** Dataset excerpts **
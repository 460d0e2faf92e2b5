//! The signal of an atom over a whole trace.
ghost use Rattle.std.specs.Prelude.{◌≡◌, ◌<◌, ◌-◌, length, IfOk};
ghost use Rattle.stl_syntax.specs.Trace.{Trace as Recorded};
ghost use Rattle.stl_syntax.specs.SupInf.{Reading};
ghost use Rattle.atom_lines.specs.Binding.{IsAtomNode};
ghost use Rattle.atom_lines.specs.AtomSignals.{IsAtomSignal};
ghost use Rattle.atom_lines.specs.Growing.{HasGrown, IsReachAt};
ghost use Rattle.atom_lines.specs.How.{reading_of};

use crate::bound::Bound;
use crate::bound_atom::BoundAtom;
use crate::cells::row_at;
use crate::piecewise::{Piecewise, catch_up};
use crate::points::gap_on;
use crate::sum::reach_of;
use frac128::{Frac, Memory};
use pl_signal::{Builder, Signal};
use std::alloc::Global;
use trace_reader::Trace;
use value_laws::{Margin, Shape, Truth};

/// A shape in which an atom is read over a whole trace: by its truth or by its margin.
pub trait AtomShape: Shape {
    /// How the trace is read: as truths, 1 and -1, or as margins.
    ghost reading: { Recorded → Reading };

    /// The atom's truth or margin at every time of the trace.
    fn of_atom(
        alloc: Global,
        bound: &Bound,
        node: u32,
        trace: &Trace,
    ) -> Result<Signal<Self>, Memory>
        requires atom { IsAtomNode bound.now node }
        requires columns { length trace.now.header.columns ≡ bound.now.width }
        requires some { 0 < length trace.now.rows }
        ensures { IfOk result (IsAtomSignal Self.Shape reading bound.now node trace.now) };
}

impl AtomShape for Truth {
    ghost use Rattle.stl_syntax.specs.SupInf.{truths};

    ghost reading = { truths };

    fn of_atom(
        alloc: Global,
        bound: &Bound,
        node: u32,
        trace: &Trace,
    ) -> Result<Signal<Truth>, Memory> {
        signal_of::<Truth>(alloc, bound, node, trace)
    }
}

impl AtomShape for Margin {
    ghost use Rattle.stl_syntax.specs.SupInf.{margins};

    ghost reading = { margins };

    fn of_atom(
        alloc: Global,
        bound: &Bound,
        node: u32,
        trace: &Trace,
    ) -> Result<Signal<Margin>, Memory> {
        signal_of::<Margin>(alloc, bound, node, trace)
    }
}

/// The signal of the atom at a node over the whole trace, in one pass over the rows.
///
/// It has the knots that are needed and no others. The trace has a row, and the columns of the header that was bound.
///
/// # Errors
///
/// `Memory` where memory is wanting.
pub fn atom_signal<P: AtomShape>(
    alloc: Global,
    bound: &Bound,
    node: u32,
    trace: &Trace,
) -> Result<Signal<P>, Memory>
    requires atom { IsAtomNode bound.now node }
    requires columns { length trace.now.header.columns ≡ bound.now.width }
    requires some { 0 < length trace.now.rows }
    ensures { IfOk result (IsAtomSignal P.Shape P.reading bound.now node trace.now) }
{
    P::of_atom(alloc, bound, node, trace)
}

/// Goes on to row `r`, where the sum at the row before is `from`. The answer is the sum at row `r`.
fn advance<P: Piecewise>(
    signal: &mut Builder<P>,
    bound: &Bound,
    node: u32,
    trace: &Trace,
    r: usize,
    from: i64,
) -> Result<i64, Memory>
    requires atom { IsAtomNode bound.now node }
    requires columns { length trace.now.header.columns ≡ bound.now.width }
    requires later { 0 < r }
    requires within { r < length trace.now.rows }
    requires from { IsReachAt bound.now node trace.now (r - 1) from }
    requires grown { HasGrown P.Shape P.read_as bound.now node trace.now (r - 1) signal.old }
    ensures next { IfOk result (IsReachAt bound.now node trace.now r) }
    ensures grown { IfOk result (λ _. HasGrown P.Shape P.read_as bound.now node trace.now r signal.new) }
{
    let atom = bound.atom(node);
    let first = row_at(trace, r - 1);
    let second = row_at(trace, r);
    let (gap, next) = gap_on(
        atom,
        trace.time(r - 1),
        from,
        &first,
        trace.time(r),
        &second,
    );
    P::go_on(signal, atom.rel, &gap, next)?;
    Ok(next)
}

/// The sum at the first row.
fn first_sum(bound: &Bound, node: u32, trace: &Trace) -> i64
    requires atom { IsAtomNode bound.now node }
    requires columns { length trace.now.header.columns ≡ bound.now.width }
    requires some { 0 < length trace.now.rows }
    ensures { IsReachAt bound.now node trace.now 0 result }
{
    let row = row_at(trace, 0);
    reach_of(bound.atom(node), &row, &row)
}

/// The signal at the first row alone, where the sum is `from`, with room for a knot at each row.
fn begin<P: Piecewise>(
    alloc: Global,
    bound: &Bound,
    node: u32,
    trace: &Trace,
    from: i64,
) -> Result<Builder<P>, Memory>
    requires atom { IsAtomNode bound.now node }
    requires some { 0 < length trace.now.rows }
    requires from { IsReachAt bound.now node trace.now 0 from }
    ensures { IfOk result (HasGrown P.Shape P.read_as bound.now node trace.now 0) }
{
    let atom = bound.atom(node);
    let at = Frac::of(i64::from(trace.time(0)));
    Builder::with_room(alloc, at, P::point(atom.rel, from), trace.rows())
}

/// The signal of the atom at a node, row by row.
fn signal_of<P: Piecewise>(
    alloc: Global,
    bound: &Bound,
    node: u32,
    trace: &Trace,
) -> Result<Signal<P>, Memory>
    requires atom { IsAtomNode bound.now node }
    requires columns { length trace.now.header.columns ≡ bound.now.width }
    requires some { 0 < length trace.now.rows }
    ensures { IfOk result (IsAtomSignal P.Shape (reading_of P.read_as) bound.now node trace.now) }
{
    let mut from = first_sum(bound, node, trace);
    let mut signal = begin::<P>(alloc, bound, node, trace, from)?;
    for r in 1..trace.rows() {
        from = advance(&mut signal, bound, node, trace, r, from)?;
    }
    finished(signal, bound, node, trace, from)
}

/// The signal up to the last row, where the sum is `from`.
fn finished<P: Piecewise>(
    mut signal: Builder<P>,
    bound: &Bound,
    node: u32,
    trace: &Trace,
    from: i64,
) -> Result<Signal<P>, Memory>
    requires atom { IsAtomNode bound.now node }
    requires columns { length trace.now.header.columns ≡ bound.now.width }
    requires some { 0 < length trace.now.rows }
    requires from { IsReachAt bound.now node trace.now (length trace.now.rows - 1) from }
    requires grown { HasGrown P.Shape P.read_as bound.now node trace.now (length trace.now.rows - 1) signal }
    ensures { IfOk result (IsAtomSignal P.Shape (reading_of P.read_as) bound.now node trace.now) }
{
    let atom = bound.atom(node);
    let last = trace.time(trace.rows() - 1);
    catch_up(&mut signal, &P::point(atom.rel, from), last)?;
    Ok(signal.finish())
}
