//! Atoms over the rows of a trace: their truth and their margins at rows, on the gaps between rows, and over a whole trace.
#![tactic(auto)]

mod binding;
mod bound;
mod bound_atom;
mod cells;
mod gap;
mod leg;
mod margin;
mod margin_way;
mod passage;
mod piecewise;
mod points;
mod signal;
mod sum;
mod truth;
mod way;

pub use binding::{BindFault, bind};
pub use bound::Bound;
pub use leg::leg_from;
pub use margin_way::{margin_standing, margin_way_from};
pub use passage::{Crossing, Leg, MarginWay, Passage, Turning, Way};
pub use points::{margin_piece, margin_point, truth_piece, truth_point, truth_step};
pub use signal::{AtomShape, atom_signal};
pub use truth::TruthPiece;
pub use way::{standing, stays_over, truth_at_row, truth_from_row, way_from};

** What you are asked to do **
The lines above that hold the string "impl" are to be located and copied.

** Written response **
impl AtomShape for Truth {
impl AtomShape for Margin {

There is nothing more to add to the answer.